Not all of the fields are required. For example, if you just want to train a classifier using the whole image as an input, then your dictionaries could look like:

image_data = {
  "filename" : "/path/to/image_1.jpg", 
  "id" : "0",
  "class" : {
    "label" : "1"
  }
}

If the encoded key is not provided, then the create method will read in the image by using the filename value (if we request the images to be stored in the tfrecords). In this case, it is assumed that image is stored in either jpg or png format. The image will be converted to the jpg format for storage in the tfrecord. If encoded is provided, then it is required to provide height, width, format, colorspace, and channels as well.

Once you have your dataset preprocessed, you can use the create method in create_tfrecords.py to create the tfrecords files. For example:

# this should be your array of image data dictionaries. 
# Don't forget that you'll want to separate your training and testing data.
train_dataset = [...]

from create_tfrecords import create
failed_images = create(
  dataset=train_dataset,
  dataset_name="train",
  output_directory="/home/gvanhorn/Desktop/train_dataset",
  num_shards=10,
  num_threads=5,
  store_images=True
)

This call to the create method will use 5 threads to produce 10 tfrecord files, each prefixed with the name train in the directory /home/gvanhorn/Desktop/train_dataset.
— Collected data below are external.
/// Runs the program on these words, which are those after its name: `run`, `examine`, or `rehearse` and a number from 1 to 200; one first
/// `--` is left out. The media are handed back as the run leaves them, whatever the status is. Want of memory may come at any point. These are
/// this project's own rules.
///
/// `run` opens the journal of the media by the configuration and runs the source as a script, line by line. `examine` reads the
/// source to its end as one dump stream and tells it line by line, or the one line by which it is refused; at `ReadFault` and
/// `ScriptTooLong` it has told nothing, at `OutputFault` and `Memory` a front of the lines.
///
/// `rehearse` dumps and restores volumes over media and a cell of its own in memory, and tells the five lines of what came of it, which are
/// a function of the number of volumes alone. It reads nothing.
pub fn run<M: Media, C: Cell, K: Clock, S: Source>(
    alloc: Global,
    words: &Vec<String>,
    config: &[u8],
    media: M,
    cell: &mut C,
    clock: &mut K,
    source: &mut S,
) -> (Status, M)
    // The words that aren't those of a mode are answered by the usage line, and nothing is read.
    ensures usage { result.0 ≡ Usage → asked words.now.items ≡ Nothing }
    ensures other_words { asked words.now.items ≡ Nothing → ((result.0 ≡ Usage) ⊎ ((result.0 ≡ OutputFault) ⊎ (result.0 ≡ Memory))) × (M.tells → TellsUsage (M.seen media).told (M.seen result.1).told result.0) × (source.new ≡ source.old) }
    ensures other_images { asked words.now.items ≡ Nothing → M.tells → Leads M.time media result.1 (TellsOn usage_line (M.seen media).told) }

    // An input is told by its lines.
    ensures examine { asked words.now.items ≡ Examine → S.tells → M.tells → Examines (passage S.left M.seen M.time source.old source.new media result.1) result.0 }
    // A rehearsal is told by its five lines, and reads nothing. Where the output takes them it comes to its end, unless memory runs out.
    ensures rehearse { (n : ℕ) → asked words.now.items ≡ Rehearse n → (M.tells → TellsRehearsal (rehearsed n) (M.seen media).told (M.seen result.1).told result.0) × (source.new ≡ source.old) }
    ensures rehearse_images { (n : ℕ) → asked words.now.items ≡ Rehearse n → M.tells → Leads M.time media result.1 (TellsOn (rehearsed n) (M.seen media).told) }
    ensures rehearse_complete { (n : ℕ) → asked words.now.items ≡ Rehearse n → (Rose (M.tell_faults media) (M.tell_faults result.1) → ⊥) → (result.0 ≡ Done) ⊎ (result.0 ≡ Memory) }
    // But for a script, the files stay, the cell and the clock too, whatever the configuration and the journal are.
    ensures only { (asked words.now.items ≡ Run → ⊥) → OnlyTells M.tells M.seen M.time M.count M.present M.faults M.tell_faults media result.1 }
    ensures same { (asked words.now.items ≡ Run → ⊥) → (cell.new ≡ cell.old) × (clock.new ≡ clock.old) }

    // Media that hold the archive of these contents at the entry hold it as each restore of the script finds it. A script that dumps finds a
    // world that is fit for dumps at its first command, in which what dumps have of volumes are volumes, and restores no volume under a name
    // that ends in `.backup`; of other scripts nothing is asked.
    ensures finds { asked words.now.items ≡ Run → C.tells → (entry : Entry config.now (stock_of (M.seen media))) → (contents : Contents)
        → let c = course_of M.seen M.count M.present contents media entry result.1 (C.list cell.old) (C.list cell.new) (K.moments clock.old) (K.moments clock.new) (S.left source.old) (S.left source.new) in
        HoldsArchive c.world → FindsFit c → HoldsWorld c.world × FindsHeld c × FindsVolumes c }
    // A script, over media whose journal is a list of changes, and by a configuration of the form: what was done, by the status. It
    // is said of scripts whose restores find media that hold the archive of these contents, and so of every script without a restore.
    ensures runs { asked words.now.items ≡ Run → M.tells → C.tells → K.tells → S.tells → (entry : Entry config.now (stock_of (M.seen media))) → (contents : Contents)
        → let c = course_of M.seen M.count M.present contents media entry result.1 (C.list cell.old) (C.list cell.new) (K.moments clock.old) (K.moments clock.new) (S.left source.old) (S.left source.new) in
        FindsHeld c → Runs c result.0 }
    // Whatever stands on the media, a script that was run to its end is `SomeRefused` where a line that was told begins with `refused`, and
    // else `Done`.
    ensures told_lines { asked words.now.items ≡ Run → M.tells → C.tells → TellsLines (stock_of (M.seen media)).told (stock_of (M.seen result.1)).told result.0 }
    // Each restore on a line that is run outside of a group answers each volume by one look-up in the archive that it finds there, and each
    // scan there that adds dumps lists just those that are whole on the coordinator's tapes that are here, aren't listed and have no wrong
    // parent, so far as the log has room; recorded dumps are among the whole ones. In a group both are refused. So are the turns of which `runs`
    // speaks.
    ensures restores { asked words.now.items ≡ Run → (entry : Entry config.now (stock_of (M.seen media))) → (contents : Contents)
        → let c = course_of M.seen M.count M.present contents media entry result.1 (C.list cell.old) (C.list cell.new) (K.moments clock.old) (K.moments clock.new) (S.left source.old) (S.left source.new) in
        RestoresLookUp c.world c.moments (lines c.input) }
    ensures scans { asked words.now.items ≡ Run → (entry : Entry config.now (stock_of (M.seen media))) → (contents : Contents)
        → let c = course_of M.seen M.count M.present contents media entry result.1 (C.list cell.old) (C.list cell.new) (K.moments clock.old) (K.moments clock.new) (S.left source.old) (S.left source.new) in
        ScansListWhole c.world c.moments (lines c.input) }
    // Each image since the entry, where no write of before waits for a sync. Its journal opens again (of a script that dumps, where what dumps
    // have of volumes are volumes): it is the list of changes that the first of the script's effects make, and each reply that was told whole is
    // among them. Where the media held the archive at the entry, and a script that dumps finds a world fit for it, it holds the archive with what
    // the dumps have then.
    ensures images { asked words.now.items ≡ Run → M.tells → C.tells → K.tells → S.tells → AreStill M.time M.seen media → (entry : Entry config.now (stock_of (M.seen media))) → (contents : Contents)
        → let c = course_of M.seen M.count M.present contents media entry result.1 (C.list cell.old) (C.list cell.new) (K.moments clock.old) (K.moments clock.new) (S.left source.old) (S.left source.new) in
        FindsHeld c → LeavesImages M.time media result.1 c (outcome c).effects }
    // However it ended, what reads give is such an image, and cell and clock are those of its stage. All effects of the lines before the one in
    // progress are done in it: a line is run as soon as it is complete, so these are all lines that were ended among the bytes taken, but for
    // the last of them at most.
    ensures ends { asked words.now.items ≡ Run → M.tells → C.tells → K.tells → S.tells → AreStill M.time M.seen media → (entry : Entry config.now (stock_of (M.seen media))) → (contents : Contents)
        → let c = course_of M.seen M.count M.present contents media entry result.1 (C.list cell.old) (C.list cell.new) (K.moments clock.old) (K.moments clock.new) (S.left source.old) (S.left source.new) in
        FindsHeld c → EndsAt M.time M.seen media result.1 c }
    // Behind a script that was run to its end no write waits for a sync on the media that are handed back, where none waited at the entry: so a
    // next run on them finds what `images` and `ends` ask of writes that wait.
    ensures still { asked words.now.items ≡ Run → M.tells → C.tells → K.tells → S.tells → AreStill M.time M.seen media → (entry : Entry config.now (stock_of (M.seen media))) → (contents : Contents)
        → let c = course_of M.seen M.count M.present contents media entry result.1 (C.list cell.old) (C.list cell.new) (K.moments clock.old) (K.moments clock.new) (S.left source.old) (S.left source.new) in
        FindsHeld c → (result.0 ≡ Done) ⊎ (result.0 ≡ SomeRefused) → AreStill M.time M.seen result.1 }
    // Also where a write waited for a sync at the entry, the cell has the list of a stage of the script, the clock has its moments left, and no
    // more was told than the effects of this stage tell: so the cell has the changes of each command whose reply was told.
    ensures cell_at_end { asked words.now.items ≡ Run → M.tells → C.tells → K.tells → S.tells → (entry : Entry config.now (stock_of (M.seen media))) → (contents : Contents)
        → let c = course_of M.seen M.count M.present contents media entry result.1 (C.list cell.old) (C.list cell.new) (K.moments clock.old) (K.moments clock.new) (S.left source.old) (S.left source.new) in
        FindsHeld c → CellAtStage c }
    // What is taken of the source. A script is too long exactly where more came than it may have, with no end and no `quit`.
    ensures takes { asked words.now.items ≡ Run → S.tells → TakesBy (S.left source.old) (S.left source.new) result.0 }
    // Where no call is refused, all of a script within its bound is run, unless memory runs out.
    ensures complete { asked words.now.items ≡ Run → M.tells → C.tells → K.tells → S.tells → Entry config.now (stock_of (M.seen media)) → IsWithin (S.left source.old)
        → (Rose (M.faults media) (M.faults result.1) → ⊥) → (Rose (C.faults cell.old) (C.faults cell.new) → ⊥) → (Rose (M.tell_faults media) (M.tell_faults result.1) → ⊥) → (Rose (S.faults source.old) (S.faults source.new) → ⊥) → IsComplete result.0 }

    // A configuration is refused exactly at the line where it stops being of the form, before anything is touched.
    ensures bad_config { (line : ℕ) → result.0 ≡ BadConfig line → (asked words.now.items ≡ Run) × IsRefusedAt config.now line }
    ensures only_bad_config { asked words.now.items ≡ Run → (fault : AnyFault) → config_of config.now ≡ Err fault → (result.0 ≡ config_status fault) ⊎ (result.0 ≡ Memory) }
    ensures bad_config_same { (line : ℕ) → result.0 ≡ BadConfig line → (result.1 ≡ media) × (cell.new ≡ cell.old) × (clock.new ≡ clock.old) × (source.new ≡ source.old) }
    ensures refused_config_same { asked words.now.items ≡ Run → (fault : AnyFault) → config_of config.now ≡ Err fault → (result.1 ≡ media) × (cell.new ≡ cell.old) × (clock.new ≡ clock.old) × (source.new ≡ source.old) }
    // A journal is refused exactly where its log stops being a list of changes, before a line is read; nothing is told, and nothing changes.
    ensures bad_log { M.tells → (at : ℕ) → result.0 ≡ BadLog at → IsBadLog (stock_of (M.seen media)).log at }
    ensures bad_log_config { (at : ℕ) → result.0 ≡ BadLog at → (asked words.now.items ≡ Run) × ((settings : Settings) × (config_of config.now ≡ Ok settings)) }
    ensures only_bad_log { asked words.now.items ≡ Run → M.tells → (settings : Settings) → config_of config.now ≡ Ok settings → (Journal (stock_of (M.seen media)) → ⊥) → RefusesJournal result.0 }
    ensures bad_log_media { M.tells → (at : ℕ) → result.0 ≡ BadLog at → M.seen result.1 ≡ M.seen media }
    ensures bad_log_same { (at : ℕ) → result.0 ≡ BadLog at → (cell.new ≡ cell.old) × (clock.new ≡ clock.old) × (source.new ≡ source.old) }
    // However a run over a journal that is no list of changes ends, or one whose file is damaged, all files stay to the byte, and what was told,
    // cell, clock and source; each image since the entry stands for the same as one of the entry.
    ensures refused_log_media { asked words.now.items ≡ Run → M.tells → (Journal (stock_of (M.seen media)) → ⊥) → M.seen result.1 ≡ M.seen media }
    ensures refused_log_images { asked words.now.items ≡ Run → M.tells → (Journal (stock_of (M.seen media)) → ⊥) → LeavesSince M.time media result.1 SameStock }
    ensures refused_log_same { asked words.now.items ≡ Run → M.tells → (Journal (stock_of (M.seen media)) → ⊥) → (cell.new ≡ cell.old) × (clock.new ≡ clock.old) × (source.new ≡ source.old) }

    // Where a run ends by a fault of the cell or of the media and no moment of the clock was used, nothing was taken of the source: so it is
    // where the journal can't be read or the cell's entries can't be listed at the opening, since in front of any other fault of the two a
    // moment is used, unless the clock had only one.
    ensures order { result.0 ≡ CellFault → K.tells → S.tells → 2 ≤ length (K.moments clock.old) → K.moments clock.new ≡ K.moments clock.old → S.left source.new ≡ S.left source.old }
    ensures media_order { result.0 ≡ MediaFault → K.tells → S.tells → 2 ≤ length (K.moments clock.old) → K.moments clock.new ≡ K.moments clock.old → S.left source.new ≡ S.left source.old }

    // As many files come back, and the same of them are here. Each fault has its cause, and no count rises at another status, nor falls; that of
    // the media ends at 2^64 - 1.
    ensures same_files { SameFiles M.count M.present media result.1 }
    ensures media_cause { HasCauseAs MediaFault (M.faults media) (M.faults result.1) result.0 }
    ensures cell_cause { HasCauseAs CellFault (C.faults cell.old) (C.faults cell.new) result.0 }
    ensures output_fault { result.0 ≡ OutputFault → Rose (M.tell_faults media) (M.tell_faults result.1) }
    ensures no_output_fault { result.0 ≢ OutputFault → M.tell_faults result.1 ≡ M.tell_faults media }
    ensures read_fault { result.0 ≡ ReadFault → Rose (S.faults source.old) (S.faults source.new) }
    ensures no_read_fault { result.0 ≢ ReadFault → S.faults source.new ≡ S.faults source.old }
    ensures media_later { min (M.faults media) (2 ^ 64 - 1) ≤ M.faults result.1 }
    ensures cell_later { C.faults cell.old ≤ C.faults cell.new }
    ensures output_later { M.tell_faults media ≤ M.tell_faults result.1 }
    ensures read_later { S.faults source.old ≤ S.faults source.new }
{
    journals_of_scripts();
    scripts_keep_the_archive();
    scripts_leave_a_ready_world_ready();
    images_hold_the_archive();
    opened_worlds_have_their_forms();
    restores_look_up();
    scans_list_what_is_whole();
    cell.listed_is_allowed();
    match asked_by(alloc, words) {
        Err(_) => (Status::Memory, media),
        Ok(Asked::Run) => run_mode(alloc, config, media, cell, clock, source),
        Ok(Asked::Examine) => run_examine(alloc, media, source),
        Ok(Asked::Rehearse(volumes)) => run_rehearse(alloc, media, volumes),
        Ok(Asked::Nothing) => run_usage(media),
    }
}
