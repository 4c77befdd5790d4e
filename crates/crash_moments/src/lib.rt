//! The words in which all layers above say what a crash may leave, and a count of faults that stays at 2^64 - 1:
//! `raised`. `Moments` in `specs/Moments.antt` has the images that a crash may leave at a moment, and `Leads` says
//! how a call goes from one state to the next: each image that a crash might have left, also inside the call, is one
//! of the old state after a step. What may be left now counts as left since each earlier moment. No count of faults
//! falls: `HasCause` and `HasCauseAt`. The lemmas that join, weaken, map and view such steps are in `proofs/`.
//! `media_core` and `plant_core` stand above; no crate of this repository stands below.
#![tactic(auto)]

ghost use Rattle.std.specs.Prelude.{◌≡◌, ◌+◌, ◌-◌, ◌^◌, min};

/// A count of faults with one more. It stays at 2^64 - 1, the end of its type (this project's own rule).
pub fn raised(count: u64) -> u64
    ensures { result ≡ min (count + 1) (2 ^ 64 - 1) }
{
    count.saturating_add(1)
}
All images that cause errors will be returned to the caller. An extra field, error_msg, will be added to the dictionary for that image, and will contain the error message that was thrown when trying to process it. Typically an error is due to filename fields that don't exist.

print("%d images failed." % (len(failed_images),))
for image_data in failed_images:
  print("Image %s: %s" % (image_data['id'], image_data['error_msg']))

If you do not want the images to be stored in the tfrecords, then you can pass store_images=False to the create method. Subsequently, code that reads the tfrecords will be expected to load in the image using the filename field.

If you have saved your preprocessed dataset list into a json file, such as train_tfrecords_dataset.json, then you can call create_tfrecords.py from the command line to create the tfrecords:

python create_tfrecords.py \
--dataset_path /home/gvanhorn/Desktop/train_dataset/train_tfrecords_dataset.json \
--prefix train \
--output_dir /home/gvanhorn/Desktop/train_dataset \
--shards 10 \
--threads 5 \
--shuffle \
--store_images

If you do not want the images stored in the tfrecords, then you can exclude the --store_images argument.